Inquietudes sobre el posible cobro de “plusvalías” en Bogotá como resultado de la construcción del metro

Revista Nº 194 Mar.-Abr. 2016

Álvaro Camacho Montoya 

Abogado Tributarista 

En estos días, en los medios de comunicación se han efectuado algunos comentarios sobre la intención del alcalde Enrique Peñalosa de, finalmente, construir la primera línea del metro en Bogotá.

De manera independiente a las discusiones de si los estudios técnicos que realizó la administración de Gustavo Petro serán útiles o no, o si habrá modificaciones importantes en el trazado, o si una parte de esa primera línea será elevada o subterránea, etc., también se debería prestar especial atención al asunto económico de dicho proyecto.

En efecto, es evidente que, a pesar de los dineros que aporte la Nación y el propio Distrito, en todo caso haría falta una parte muy importante de recursos para cubrir los costos de semejante obra.
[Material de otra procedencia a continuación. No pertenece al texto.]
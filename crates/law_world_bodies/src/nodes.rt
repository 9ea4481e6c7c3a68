//! What stands in the body of a leg's end. These functions do nothing: their contracts are the
//! laws.

ghost use Rattle.std.specs.Prelude.{◌≡◌, ◌++◌, List, Some, suc, ℕ};
ghost use Rattle.std.specs.declared.option.Option.{Option};
ghost use Rattle.rh_sig.specs.declared.name.Pipe.{Pipe};
ghost use Rattle.rh_line.specs.declared.cause.Cause.TheVariants.{BodyOver};
ghost use Rattle.rh_line.specs.declared.leg.Leg.{Leg};
ghost use Rattle.rh_shell.specs.declared.rooms.Rooms.{Rooms};
ghost use Rattle.rh_shell.specs.NearEnds.{NearEnd};
ghost use Rattle.rh_shell.specs.Shells.{begun, end_at};
ghost use Rattle.rh_company.specs.declared.event.Event.TheVariants.{Comes};
ghost use Rattle.law_moves.specs.Moving.{EndEvent, Event, after_end_events, after_events};
ghost use Rattle.law_node_history.specs.Carried.{AreAccepted, AreAcceptedAtEnd, ComesUpOnce};
ghost use Rattle.law_node_history.specs.Carried.{ComesUpOnceAtEnd, happened, heard_on};
ghost use Rattle.law_node_causes.specs.Closings.{ClosesWith};
ghost use Rattle.law_node_streams.specs.Streams.{HasPipes, HearsInTurn, NeverRefuses, StaysUnused};
ghost use Rattle.law_node_streams.specs.Streams.{StaysUnusedAtEnd};
ghost use Rattle.law_world_bodies.specs.Behind.{BodyIs, HasBody};

use law_node_causes::a_node_closes_once;
use law_node_streams::{a_nodes_stream, an_ends_stream};
use rh_shell::{EndRole, Role};

/// Whatever happens at a node: where a body is counted on a leg, the bytes that were heard there
/// begin with a whole head that its role took with that length, and at least so many bytes came
/// behind it as were counted. Where a piece closes the node as a body that is too long, more bytes
/// came behind that head than it told.
///
/// It rests on what each role has to see to for its stream (`a_nodes_stream`).
pub fn what_a_node_counts_came_behind_a_head<R: Role>()
    ensures counts { (first : R) (rooms : Rooms) (pipe : Leg → Option Pipe) (events : List Event)
        → HasPipes R.rules first pipe → StaysUnused R.rules first
        → ComesUpOnce R.rules (begun first rooms) → AreAccepted R.rules (begun first rooms) events
        → HearsInTurn events → (leg : Leg) (end : NearEnd)
        → end_at (after_events R.rules (begun first rooms) events) leg ≡ Some end
        → BodyIs R.rules (pipe leg) leg (heard_on leg events) end.intake.body }
    ensures over { (first : R) (rooms : Rooms) (pipe : Leg → Option Pipe) (events : List Event)
        → HasPipes R.rules first pipe → StaysUnused R.rules first
        → ComesUpOnce R.rules (begun first rooms) → AreAccepted R.rules (begun first rooms) events
        → HearsInTurn events → (leg named : Leg) (piece : List ℕ) (count told : ℕ)
        → ClosesWith R.rules (after_events R.rules (begun first rooms) events) (Comes leg piece)
        (BodyOver named count told)
        → (named ≡ leg)
        × HasBody R.rules (pipe leg) leg (heard_on leg events ++ piece) (suc told) told }
{
    a_nodes_stream::<R>();
    a_node_closes_once::<R>();
}

/// The same at an end, whose own calls change no leg.
pub fn what_an_end_counts_came_behind_a_head<R: EndRole>()
    ensures counts { (first : R) (rooms : Rooms) (pipe : Leg → Option Pipe)
        (events : List EndEvent) → ((s : R) (leg : Leg) → R.rules.pipe s leg ≡ pipe leg)
        → NeverRefuses R.rules → StaysUnusedAtEnd R.rules R.acts first
        → ComesUpOnceAtEnd R.rules R.acts (begun first rooms)
        → AreAcceptedAtEnd R.rules R.acts (begun first rooms) events
        → HearsInTurn (happened events) → (leg : Leg) (end : NearEnd)
        → end_at (after_end_events R.rules R.acts (begun first rooms) events) leg ≡ Some end
        → BodyIs R.rules (pipe leg) leg (heard_on leg (happened events)) end.intake.body }
    ensures over { (first : R) (rooms : Rooms) (pipe : Leg → Option Pipe) (events : List EndEvent)
        → ((s : R) (leg : Leg) → R.rules.pipe s leg ≡ pipe leg) → NeverRefuses R.rules
        → StaysUnusedAtEnd R.rules R.acts first
        → ComesUpOnceAtEnd R.rules R.acts (begun first rooms)
        → AreAcceptedAtEnd R.rules R.acts (begun first rooms) events
        → HearsInTurn (happened events) → (leg named : Leg) (piece : List ℕ) (count told : ℕ)
        → ClosesWith R.rules (after_end_events R.rules R.acts (begun first rooms) events)
        (Comes leg piece) (BodyOver named count told)
        → (named ≡ leg)
        × HasBody R.rules (pipe leg) leg (heard_on leg (happened events) ++ piece) (suc told)
        told }
{
    an_ends_stream::<R>();
    a_node_closes_once::<R>();
}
Y el proyecto del metro parece estar más cerca de concretarse de lo que creíamos hace unos pocos meses.

En el portal de internet de la revista Semana aparece una nota en la que se manifiesta que el alcalde Peñalosa, entre otros asuntos, “señaló que la reestructuración de los estudios que dejó la administración de Gustavo Petro estaría lista en tres meses y la licitación se abriría antes de que termine el 2016”(1).

Así, respetuosamente, este autor considera que también llegó el momento de que la Administración Distrital informe a la opinión pública acerca de la actuación que, en principio, tendrían los ciudadanos en el financiamiento de dicha obra.

A título de ilustración, en la ciudad capital existe una norma que establece que se podrían generar plusvalías en cabeza de los propietarios o poseedores de predios beneficiados “cuando se ejecuten obras públicas consideradas de ‘macroproyectos de infraestructura’ previstas en el plan de ordenamiento territorial y/o en los instrumentos que lo desarrollen, y no se haya utilizado para su financiación la contribución de valorización” (Ac. 352/2008, art. 13).

Entonces se deduce que, en teoría, el Distrito podría escoger entre el tributo de plusvalía o la contribución de valorización para financiar una parte de la construcción del metro.

Recordemos que en Colombia el tributo de plusvalía se genera por el mayor valor comercial que adquieren los inmuebles como resultado específico de ciertas acciones urbanísticas que autorizan, por ejemplo, para destinar un inmueble a un uso más rentable, o a una mayor edificabilidad; o la realización de obras públicas. Y la tarifa actual de este tributo en Bogotá es del 50% que se calcula sobre ese “mayor valor de mercado”.

A su turno, la contribución de valorización grava a los predios que obtengan un beneficio como consecuencia de obras de interés público. La base gravable de las contribuciones de valorización estará determinada por el costo de la respectiva obra pública dentro de los límites del beneficio que ella produzca a los inmuebles involucrados.

En este orden de ideas, y en relación con un asunto de especial interés ciudadano como la financiación del sistema de transporte público, surge, en primer lugar, el siguiente interrogante: con motivo de la construcción del metro en Bogotá, ¿a los propietarios y poseedores de inmuebles se les va a cobrar algún impuesto o contribución por dicha obra?

En el caso de que la respuesta a la anterior pregunta fuese afirmativa, surgen las siguientes inquietudes adicionales:

¿Existen estudios de cuál sería el tributo más apropiado (contribución de valorización, gravamen de plusvalía u otro) que se le cobraría a los “beneficiados por la obra”?

¿Cuándo, aproximadamente, se liquidaría y facturaría a los sujetos respectivos el gravamen que se les determine? O en otras palabras: ¿los tributos inmobiliarios serían recogidos antes, durante, o después de la construcción de la primera línea del metro?

¿Cuál sería el valor total estimado de lo que se esperaría recoger por los tributos inmobiliarios que se establezcan para la construcción del metro?

Teniendo en cuenta que sería la primera vez que la ciudad se enfrente a la construcción de una obra pública de semejante envergadura, ¿el tributo inmobiliario (que se defina) se cobraría a los propietarios y poseedores de inmuebles de todo el territorio del Distrito Capital o solo se reclamaría el respectivo gravamen en relación con los predios que encuentren próximos al trazado de la obra?

(1) Semana.com. “Las 5 razones de Peñalosa para cambiar el diseño del metro - El alcalde de Bogotá explicó por qué quiere cambiar la ruta y elevar la primera línea”. Nota publicada el 6 de enero de 2016.